Translating Asher Penn

 

“The show is photographic,” says New York-based artist Asher Penn, referring, improbably, to his current show of “Hebrew Paintings.” They’re not photos, however; they’re 100 small white canvases with fragments of black Herbaic text placed in the center, printed off a computer and fixed to the surface with brushstrokes of acrylic medium. The text originated as a poetic list of names, titles and phrases, all of which have a strong cultural and personal meaning for Penn.

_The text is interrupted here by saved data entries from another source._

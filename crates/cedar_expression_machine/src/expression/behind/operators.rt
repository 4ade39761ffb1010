//! An operator behind an operand: it closes the levels that bind tighter, and goes on the level
//! that is its own.
ghost use Rattle.std.specs.Prelude.{◌≡◌, Some, None, IsSome, OnOk};
ghost use Rattle.cedar_grammar.specs.declared.reading.class.FollowClass.TheVariants as operators;
ghost use Rattle.cedar_expression_machine.specs.machines.ExpressionModes.{HasNoSum, HasOperand, followed};

use crate::expression::levels::alone::{mult_with_places, places_of};
use crate::expression::levels::chain::{begin_pending, push_pending};
use crate::expression::levels::close::close_unary;
use crate::expression::levels::last::mark_chain;
use crate::expression::state::{OperandPlace, OperatorAt, Spanned, State};
use cedar_expressions::Boxed;
use cedar_grammar::never;
use cedar_grammar::reading::extent::{Extent, join_extents};
use cedar_grammar::reading::node_builder::NodeBuilder;
use cedar_syntax::cst::{AddOp, MultOp};
use cedar_syntax::node::Node;
use std::alloc::AllocError;

impl State {
    /// `*`, `/` or `%`.
    #[inline(never)]
    pub fn multiply(
        &mut self,
        builder: NodeBuilder<'_>,
        mark: OperatorAt<MultOp>,
    ) -> Result<(), AllocError>
        requires { HasOperand self.old.mode }
        ensures { OnOk result (Some self.new ≡ followed builder.entry.source.now self.old
            (operators.Multiply mark.op) mark.extent) }
    {
        let operand = self.take_operand(OperandPlace::Operand);
        let item = close_unary(builder, operand)?;
        push_pending(builder, &mut self.levels.mult, item, mark)
    }

    /// `+` or `-`.
    #[inline(never)]
    pub fn sum(
        &mut self,
        builder: NodeBuilder<'_>,
        mark: OperatorAt<AddOp>,
    ) -> Result<(), AllocError>
        requires { HasOperand self.old.mode }
        ensures { OnOk result (Some self.new
            ≡ followed builder.entry.source.now self.old (operators.Sum mark.op) mark.extent) }
    {
        if self.levels.mult.is_some() {
            return self.sum_product(builder, mark);
        }
        if self.levels.add.is_some() {
            return self.sum_alone(builder, mark);
        }
        self.begin_sum(builder, mark)
    }

    /// `+` or `-` behind a product.
    #[inline(never)]
    fn sum_product(
        &mut self,
        builder: NodeBuilder<'_>,
        mark: OperatorAt<AddOp>,
    ) -> Result<(), AllocError>
        requires { HasOperand self.old.mode }
        ensures { OnOk result (Some self.new
            ≡ followed builder.entry.source.now self.old (operators.Sum mark.op) mark.extent) }
    {
        let operand = self.take_operand(OperandPlace::Operand);
        let item = self.levels.close_mult(builder, operand)?;
        push_pending(builder, &mut self.levels.add, item, mark)
    }

    /// The first `+` or `-`, behind an operand alone.
    #[inline(never)]
    fn begin_sum(
        &mut self,
        builder: NodeBuilder<'_>,
        mark: OperatorAt<AddOp>,
    ) -> Result<(), AllocError>
        requires operand { HasOperand self.old.mode }
        requires sums { HasNoSum self.old.levels }
        ensures { OnOk result (Some self.new
            ≡ followed builder.entry.source.now self.old (operators.Sum mark.op) mark.extent) }
    {
        let operand = self.operand();
        let extent = join_extents(operand.signs.extent, operand.extent);
        let places = places_of(builder, operand)?;
        let operand = self.take_operand(OperandPlace::Operand);
        let tree = mult_with_places(builder.alloc, operand, places.of_member, places.of_unary);
        let begun = begin_pending(
            builder.alloc,
            Spanned { tree, extent },
            places.of_mult,
            mark,
        );
        self.levels.add = Some(Boxed::new(builder.alloc, begun)?);
        Ok(())
    }

    /// `+` or `-` behind an operand alone.
    #[inline(never)]
    fn sum_alone(
        &mut self,
        builder: NodeBuilder<'_>,
        mark: OperatorAt<AddOp>,
    ) -> Result<(), AllocError>
        requires operand { HasOperand self.old.mode }
        requires level { self.old.levels.mult ≡ None }
        requires begun { IsSome self.old.levels.add }
        ensures { OnOk result (Some self.new
            ≡ followed builder.entry.source.now self.old (operators.Sum mark.op) mark.extent) }
    {
        let operand = self.operand();
        let extent = join_extents(operand.signs.extent, operand.extent);
        let places = places_of(builder, operand)?;
        match &mut self.levels.add {
            Some(level) => {
                let begun = level.as_mut();
                let extent = join_extents(extent, Some(mark.extent));
                begun.chain.extent = join_extents(begun.chain.extent, extent);
                let before = begun.op;
                begun.op = mark.op;
                let operand = self.mode.take_operand(OperandPlace::Operand);
                let tree = mult_with_places(
                    builder.alloc,
                    operand,
                    places.of_member,
                    places.of_unary,
                );
                let node = Node {
                    node: Some(tree),
                    loc: places.of_mult,
                };
                begun.chain.extended.push((before, node))
            }
            None => never!(),
        }
    }

    /// `&&`.
    #[inline(never)]
    pub fn and_then(&mut self, builder: NodeBuilder<'_>, mark: Extent) -> Result<(), AllocError>
        requires { HasOperand self.old.mode }
        ensures { OnOk result (Some self.new
            ≡ followed builder.entry.source.now self.old operators.And mark) }
    {
        self.link_and(builder)?;
        mark_chain(&mut self.levels.and, mark);
        Ok(())
    }

    /// `||`.
    #[inline(never)]
    pub fn or_else(&mut self, builder: NodeBuilder<'_>, mark: Extent) -> Result<(), AllocError>
        requires { HasOperand self.old.mode }
        ensures { OnOk result (Some self.new
            ≡ followed builder.entry.source.now self.old operators.Or mark) }
    {
        self.link_or(builder)?;
        mark_chain(&mut self.levels.or, mark);
        Ok(())
    }
}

He collected disparate, often absurd phrases, such as “I am a dog”, “Arrested Development,” and “Institutional Critique.” Penn says he learned to read Hebrew phonetically in his youth, but he’s still unable to write it himself: to create the “Hebrew Paintings” text, he logged on to the Google Translate application.

“I’m interested in the pull between the automatic processes of photography, and the human aspects that go into taking a picture. I like to capture objects in an indexical fashion, but without depicting them as removed from their environment,” explains the artist, about his tendency to photograph everyday objects and subject matter. “In this body of work, I established these phrases as objects, by sorting and producing them via an automatic process. The difference between the words before and after it is translated reminds me of the shift that occurs with an subject before and after it is photographed.”

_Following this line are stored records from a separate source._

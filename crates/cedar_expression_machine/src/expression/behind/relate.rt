//! Closes a relation with its last sum: its left side is taken out of the state.
ghost use Rattle.std.specs.Prelude.{◌≡◌, None, Some, IfOk, OnOk, IsSome, IsTrue};
ghost use Rattle.cedar_expression_machine.specs.declared.expression.state.PendingRelation.TheVariants as left;
ghost use Rattle.cedar_expression_machine.specs.machines.Closing.{made_common, node_of, relation_with_sum};
ghost use Rattle.cedar_expression_machine.specs.machines.ExpressionModes.{IsCommon, IsSided, IsWithin};

use crate::expression::state::{Chain, PendingOperators, PendingRelation, Spanned};
use cedar_expressions::{Boxed, Items};
use cedar_grammar::never;
use cedar_grammar::reading::extent::join_extents;
use cedar_grammar::reading::node_builder::NodeBuilder;
use cedar_syntax::cst::{Add, Relation};
use cedar_syntax::node::Node;
use std::alloc::AllocError;

/// A tree as a node in memory of its own. It is of any type, so that the proof doesn't see what is
/// dropped.
fn boxed_node<T: Drop>(
    builder: NodeBuilder<'_>,
    item: Spanned<T>,
) -> Result<Boxed<Node<Option<T>>>, AllocError>
    ensures { IfOk result (λ boxed. boxed ≡ node_of builder.entry.source.now item) }
{
    Boxed::new(builder.alloc, item.into_node(builder)?)
}

/// A node and a tree behind it, each in memory of its own, of any types too.
fn boxes<A: Drop, B: Drop>(
    builder: NodeBuilder<'_>,
    first: Node<Option<A>>,
    second: Spanned<B>,
) -> Result<(Boxed<Node<Option<A>>>, Boxed<Node<Option<B>>>), AllocError>
    ensures { IfOk result (λ both. both ≡ (first, node_of builder.entry.source.now second)) }
{
    let second = boxed_node(builder, second)?;
    let first = Boxed::new(builder.alloc, first)?;
    Ok((first, second))
}

impl PendingOperators {
    /// The left side that is begun, taken out.
    #[inline(always)]
    fn take_left(&mut self) -> PendingRelation
        requires { IsSome self.old.relation }
        ensures left { self.old.relation ≡ Some result }
        ensures after { self.new ≡ record self.old { relation = None } }
    {
        match self.relation.take() {
            Some(left) => left.into_inner(),
            None => never!(),
        }
    }

    /// Whether comparisons are begun.
    #[inline(always)]
    pub fn is_common(&self) -> bool
        ensures { IsTrue result → IsCommon self.now.relation }
    {
        match &self.relation {
            Some(left) => matches!(left.as_ref(), PendingRelation::Common(_)),
            None => false,
        }
    }

    /// Comparisons whose last sum is read, taken out.
    #[inline(always)]
    pub fn take_common(&mut self) -> Spanned<Relation>
        requires { IsCommon self.old.relation }
        ensures tree { (p : _) → self.old.relation ≡ Some (left.Common p)
            → result ≡ made_common p.chain }
        ensures after { self.new ≡ record self.old { relation = None } }
    {
        match self.take_left() {
            PendingRelation::Common(begun) => {
                let Chain {
                    initial,
                    extended,
                    extent,
                } = begun.chain;
                Spanned {
                    tree: Relation::Common { initial, extended },
                    extent,
                }
            }
            _ => never!(),
        }
    }

    /// Comparisons and their last sum.
    #[inline(never)]
    fn close_common(
        &mut self,
        builder: NodeBuilder<'_>,
        item: Spanned<Add>,
    ) -> Result<Spanned<Relation>, AllocError>
        requires { IsCommon self.old.relation }
        ensures closed { IfOk result (λ relation. relation
            ≡ relation_with_sum builder.entry.source.now self.old.relation item) }
        ensures after { OnOk result (self.new ≡ record self.old { relation = None }) }
    {
        match self.take_left() {
            PendingRelation::Common(mut begun) => {
                begun.link(builder, item)?;
                let Chain {
                    initial,
                    extended,
                    extent,
                } = begun.chain;
                Ok(Spanned {
                    tree: Relation::Common { initial, extended },
                    extent,
                })
            }
            _ => never!(),
        }
    }

    /// `has`, `like` or `is` and its right side.
    #[inline(never)]
    fn close_side(
        &mut self,
        builder: NodeBuilder<'_>,
        item: Spanned<Add>,
    ) -> Result<Spanned<Relation>, AllocError>
        requires { IsSided self.old.relation }
        ensures closed { IfOk result (λ relation. relation
            ≡ relation_with_sum builder.entry.source.now self.old.relation item) }
        ensures after { OnOk result (self.new ≡ record self.old { relation = None }) }
    {
        let item_extent = item.extent;
        let right = boxed_node(builder, item)?;
        let (tree, before) = match self.take_left() {
            PendingRelation::Has(left) => (
                Relation::Has {
                    target: left.tree,
                    field: right,
                },
                left.extent,
            ),
            PendingRelation::Like(left) => (
                Relation::Like {
                    target: left.tree,
                    pattern: right,
                },
                left.extent,
            ),
            PendingRelation::Is(left) => (
                Relation::IsIn {
                    target: left.tree,
                    entity_type: right,
                    in_entity: None,
                },
                left.extent,
            ),
            PendingRelation::Common(_) | PendingRelation::IsIn { .. } => never!(),
        };
        Ok(Spanned {
            tree,
            extent: join_extents(before, item_extent),
        })
    }

    /// `is`, a type, and what is behind `in`.
    #[inline(never)]
    fn close_is_in(
        &mut self,
        builder: NodeBuilder<'_>,
        item: Spanned<Add>,
    ) -> Result<Spanned<Relation>, AllocError>
        requires { IsWithin self.old.relation }
        ensures closed { IfOk result (λ relation. relation
            ≡ relation_with_sum builder.entry.source.now self.old.relation item) }
        ensures after { OnOk result (self.new ≡ record self.old { relation = None }) }
    {
        match self.take_left() {
            PendingRelation::IsIn {
                target,
                entity_type,
                extent,
            } => {
                let extent = join_extents(extent, item.extent);
                let (entity_type, entity) = boxes(builder, entity_type, item)?;
                let tree = Relation::IsIn {
                    target,
                    entity_type,
                    in_entity: Some(entity),
                };
                Ok(Spanned { tree, extent })
            }
            _ => never!(),
        }
    }

    /// A sum alone as a relation.
    #[inline(never)]
    fn close_first(
        builder: NodeBuilder<'_>,
        item: Spanned<Add>,
    ) -> Result<Spanned<Relation>, AllocError>
        ensures { IfOk result (λ relation. relation ≡ relation_with_sum builder.entry.source.now
            None item) }
    {
        let loc = builder.loc_at(item.extent)?;
        let extent = item.extent;
        let initial = Node {
            node: Some(item.tree),
            loc,
        };
        let extended = Items::new(builder.alloc);
        Ok(Spanned {
            tree: Relation::Common { initial, extended },
            extent,
        })
    }

    /// The relation that ends with this sum.
    #[inline(always)]
    pub fn relate(
        &mut self,
        builder: NodeBuilder<'_>,
        item: Spanned<Add>,
    ) -> Result<Spanned<Relation>, AllocError>
        ensures closed { IfOk result (λ closed. closed
            ≡ relation_with_sum builder.entry.source.now self.old.relation item) }
        ensures after { OnOk result (self.new ≡ record self.old { relation = None }) }
    {
        match &self.relation {
            None => PendingOperators::close_first(builder, item),
            Some(left) => match left.as_ref() {
                PendingRelation::Common(_) => self.close_common(builder, item),
                PendingRelation::Has(_) | PendingRelation::Like(_) | PendingRelation::Is(_) =>
                    self.close_side(builder, item),
                PendingRelation::IsIn { .. } => self.close_is_in(builder, item),
            },
        }
    }
}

“They are Epson Inkjet prints adhered to the canvas with matte medium,  so they sit incorrectly on the canvas. This created these nice moments… each time I would make one, it would be different and there was this possibility for variation,” Penn explains. “With photography, it feels like you’re working in the opposite direction to painting: the infinite variations are already out there. Your job is to frame them.”

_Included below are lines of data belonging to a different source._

//! A token behind an operand. Where a large part of the tree is made there is a function for that
//! alone, so that the functions which each token goes through have small frames.
ghost use Rattle.std.specs.Prelude.{◌≡◌, [], Some, None, IfOk, OnOk};
ghost use Rattle.cedar_lexer.specs.Token.{lexeme_of};
ghost use Rattle.cedar_grammar.specs.grammar.Place.{extent_of};
ghost use Rattle.cedar_grammar.specs.declared.reading.class.Closing.TheVariants as closing;
ghost use Rattle.cedar_grammar.specs.declared.reading.class.FollowClass.TheVariants as operators;
ghost use Rattle.cedar_expression_machine.specs.declared.expression.state.OperandMode.TheVariants as mode;
ghost use Rattle.cedar_expression_machine.specs.machines.Closing.{whole, node_of, fresh};
ghost use Rattle.cedar_expression_machine.specs.machines.ExpressionModes.{HasOperand, IsFollowed, followed};
ghost use Rattle.cedar_expression_machine.specs.machines.ExpressionStates.{state, wants};

use crate::expression::levels::alone::{expr_alone, places_of, upper_places};
use crate::expression::levels::close::close_branches;
use crate::expression::state::{Frame, OperandPlace, OperatorAt, Spanned, State};
use cedar_grammar::never;
use cedar_grammar::reading::class::{AccessStart, Closing, FollowClass};
use cedar_grammar::reading::extent::{Extent, join_extents};
use cedar_grammar::reading::node_builder::NodeBuilder;
use cedar_grammar::reading::place::token_extent;
use cedar_lexer::token::Token;
use cedar_syntax::cst::Expr;
use cedar_syntax::node::Node;
use std::alloc::AllocError;

impl State {
    /// The expression that ends with the operand; behind what ends it, an operand may be wanted at
    /// this place.
    #[inline(never)]
    pub fn close(
        &mut self,
        builder: NodeBuilder<'_>,
        place: OperandPlace,
    ) -> Result<Spanned<Expr>, AllocError>
        requires { HasOperand self.old.mode }
        ensures closed { IfOk result (λ item. (m : _) → self.old.mode ≡ mode.Have m None
            → item ≡ whole builder.entry.source.now self.old.levels m) }
        ensures after { OnOk result (self.new ≡ state self.old.stack (fresh []) (wants place)) }
    {
        if self.levels.is_fresh() {
            return self.close_alone(builder, place);
        }
        self.close_begun(builder, place)
    }

    /// The same, where some level is begun.
    #[inline(never)]
    fn close_begun(
        &mut self,
        builder: NodeBuilder<'_>,
        place: OperandPlace,
    ) -> Result<Spanned<Expr>, AllocError>
        requires { HasOperand self.old.mode }
        ensures closed { IfOk result (λ item. (m : _) → self.old.mode ≡ mode.Have m None
            → item ≡ whole builder.entry.source.now self.old.levels m) }
        ensures after { OnOk result (self.new ≡ state self.old.stack (fresh []) (wants place)) }
    {
        let item = self.close_expr(builder)?;
        self.want_again(place);
        match self.levels.branches.top() {
            None => Ok(item),
            Some(_) => {
                let is_deep = self.is_deep();
                close_branches(builder, &mut self.levels.branches, item, is_deep)
            }
        }
    }

    /// The same, where the operand is all. It is taken out when nothing but the memory for the
    /// tree can be refused any more, so that it is copied to where it stays.
    #[inline(always)]
    fn close_alone(
        &mut self,
        builder: NodeBuilder<'_>,
        place: OperandPlace,
    ) -> Result<Spanned<Expr>, AllocError>
        requires operand { HasOperand self.old.mode }
        requires levels { self.old.levels ≡ fresh [] }
        ensures closed { IfOk result (λ item. (m : _) → self.old.mode ≡ mode.Have m None
            → item ≡ whole builder.entry.source.now self.old.levels m) }
        ensures after { OnOk result (self.new ≡ state self.old.stack (fresh []) (wants place)) }
    {
        let operand = self.operand();
        let extent = join_extents(operand.signs.extent, operand.extent);
        let places = places_of(builder, operand)?;
        let upper = upper_places(builder, extent)?;
        let is_deep = self.is_deep();
        let tree = expr_alone(
            builder.alloc,
            self.take_operand(place),
            places,
            upper,
            is_deep,
        )?;
        Ok(Spanned { tree, extent })
    }

    /// The same as a node.
    pub fn close_node(
        &mut self,
        builder: NodeBuilder<'_>,
        place: OperandPlace,
    ) -> Result<Node<Option<Expr>>, AllocError>
        requires { HasOperand self.old.mode }
        ensures closed { IfOk result (λ node. (m : _) → self.old.mode ≡ mode.Have m None
            → node ≡ node_of builder.entry.source.now
            (whole builder.entry.source.now self.old.levels m)) }
        ensures after { OnOk result (self.new ≡ state self.old.stack (fresh []) (wants place)) }
    {
        let item = self.close(builder, place)?;
        item.into_node(builder)
    }

    /// `,` behind an item: it is put where it stays, and the next is wanted.
    #[inline(never)]
    fn end_item(&mut self, builder: NodeBuilder<'_>) -> Result<(), AllocError>
        requires { IsFollowed self.old (operators.Ends closing.Comma) }
        ensures { (end : _) → OnOk result (Some self.new ≡ followed builder.entry.source.now
            self.old (operators.Ends closing.Comma) end) }
    {
        let item = self.close(builder, OperandPlace::Item)?;
        match self.stack.top_mut() {
            Some(frame) => match frame {
                Frame::Set(set) => set.push(builder, item),
                Frame::Call(call) => call.push(builder, item),
                Frame::Record(record) => {
                    record.push(builder, item)?;
                    self.want_again(OperandPlace::Key);
                    Ok(())
                }
                Frame::Paren(_) | Frame::Index(_) | Frame::Guard(_) | Frame::Then(_) => { never!() }
            },
            None => never!(),
        }
    }

    /// `)` behind an expression: it ends the parentheses, or the arguments of a call.
    #[inline(never)]
    fn end_by_paren(&mut self, builder: NodeBuilder<'_>, end: Extent) -> Result<(), AllocError>
        requires { IsFollowed self.old (operators.Ends closing.Paren) }
        ensures { OnOk result (Some self.new ≡ followed builder.entry.source.now self.old
            (operators.Ends closing.Paren) end) }
    {
        let item = self.close(builder, OperandPlace::Operand)?;
        match self.stack.top_mut() {
            Some(frame) => match frame {
                Frame::Paren(_) => self.close_paren(builder, item, end),
                Frame::Call(call) => {
                    call.push(builder, item)?;
                    self.close_call(builder, end)
                }
                Frame::Set(_)
                | Frame::Index(_)
                | Frame::Record(_)
                | Frame::Guard(_)
                | Frame::Then(_) => never!(),
            },
            None => never!(),
        }
    }

    /// `]` behind an expression: it ends a set, or an index.
    #[inline(never)]
    fn end_by_bracket(&mut self, builder: NodeBuilder<'_>, end: Extent) -> Result<(), AllocError>
        requires { IsFollowed self.old (operators.Ends closing.Bracket) }
        ensures { OnOk result (Some self.new ≡ followed builder.entry.source.now self.old
            (operators.Ends closing.Bracket) end) }
    {
        let item = self.close(builder, OperandPlace::Operand)?;
        match self.stack.top_mut() {
            Some(frame) => match frame {
                Frame::Set(set) => {
                    set.push(builder, item)?;
                    self.close_set(builder, end)
                }
                Frame::Index(_) => self.close_index(builder, item, end),
                Frame::Paren(_)
                | Frame::Call(_)
                | Frame::Record(_)
                | Frame::Guard(_)
                | Frame::Then(_) => never!(),
            },
            None => never!(),
        }
    }

    /// What ends an expression, behind its last operand.
    fn end(&mut self, builder: NodeBuilder<'_>, mark: OperatorAt<Closing>) -> Result<(), AllocError>
        requires { IsFollowed self.old (operators.Ends mark.op) }
        ensures { OnOk result (Some self.new ≡ followed builder.entry.source.now self.old
            (operators.Ends mark.op) mark.extent) }
    {
        match mark.op {
            Closing::Comma => self.end_item(builder),
            Closing::Paren => self.end_by_paren(builder, mark.extent),
            Closing::Bracket => self.end_by_bracket(builder, mark.extent),
            Closing::Brace => self.end_value(builder, mark.extent),
            Closing::Colon => self.end_key(builder, mark.extent),
            Closing::Then => self.end_guard(builder, mark.extent),
            Closing::Else => self.end_then(builder, mark.extent),
        }
    }

    /// A token of this class behind an operand.
    pub fn follow(
        &mut self,
        builder: NodeBuilder<'_>,
        operator: FollowClass,
        token: &Token<'_>,
    ) -> Result<(), AllocError>
        requires { IsFollowed self.old operator }
        ensures { OnOk result (Some self.new ≡ followed builder.entry.source.now self.old operator
            (extent_of (lexeme_of token.now))) }
    {
        let extent = token_extent(token);
        match operator {
            FollowClass::Access(AccessStart::Dot) => {
                self.begin_field(extent);
                Ok(())
            }
            FollowClass::Access(AccessStart::Paren) => self.open_call(builder.alloc, extent),
            FollowClass::Access(AccessStart::Bracket) => self.open_index(builder.alloc, extent),
            FollowClass::Multiply(op) => self.multiply(builder, OperatorAt { op, extent }),
            FollowClass::Sum(op) => self.sum(builder, OperatorAt { op, extent }),
            FollowClass::Compare(op) => self.compare(builder, OperatorAt { op, extent }),
            FollowClass::Side(op) => self.side(builder, OperatorAt { op, extent }),
            FollowClass::And => self.and_then(builder, extent),
            FollowClass::Or => self.or_else(builder, extent),
            FollowClass::Ends(op) => self.end(builder, OperatorAt { op, extent }),
            FollowClass::Other => never!(),
        }
    }
}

This process becomes a simple experiment that gives Penn some aesthetic distance from the work and the ability to see what sort of cultural connotations are skewed through the translation process. Andrew Roth’s small gallery is also serves as home for his publishing house and often shows artist and photographers who work in the book format. For Penn, who is a prolific book artist, adapting gallery work to the page is a natural process. The repetition of imagery and scale in the show functions the same way in the small book that he self-published for the show.

To a viewer unfamiliar with Hebrew, the characters are entirely abstract, without any visual cues. A small translation card available at the gallery desk lists the words pictured in the exhibition space, but without any indication of which is which. Penn describes, “you are seeing something and not knowing what it means. There is something very peaceful about that.”

ASHER PENN: HEBREW PAINTINGS IS ON VIEW AT ANDREW ROTH GALLERY THROUGH DECEMBER 17, 2010.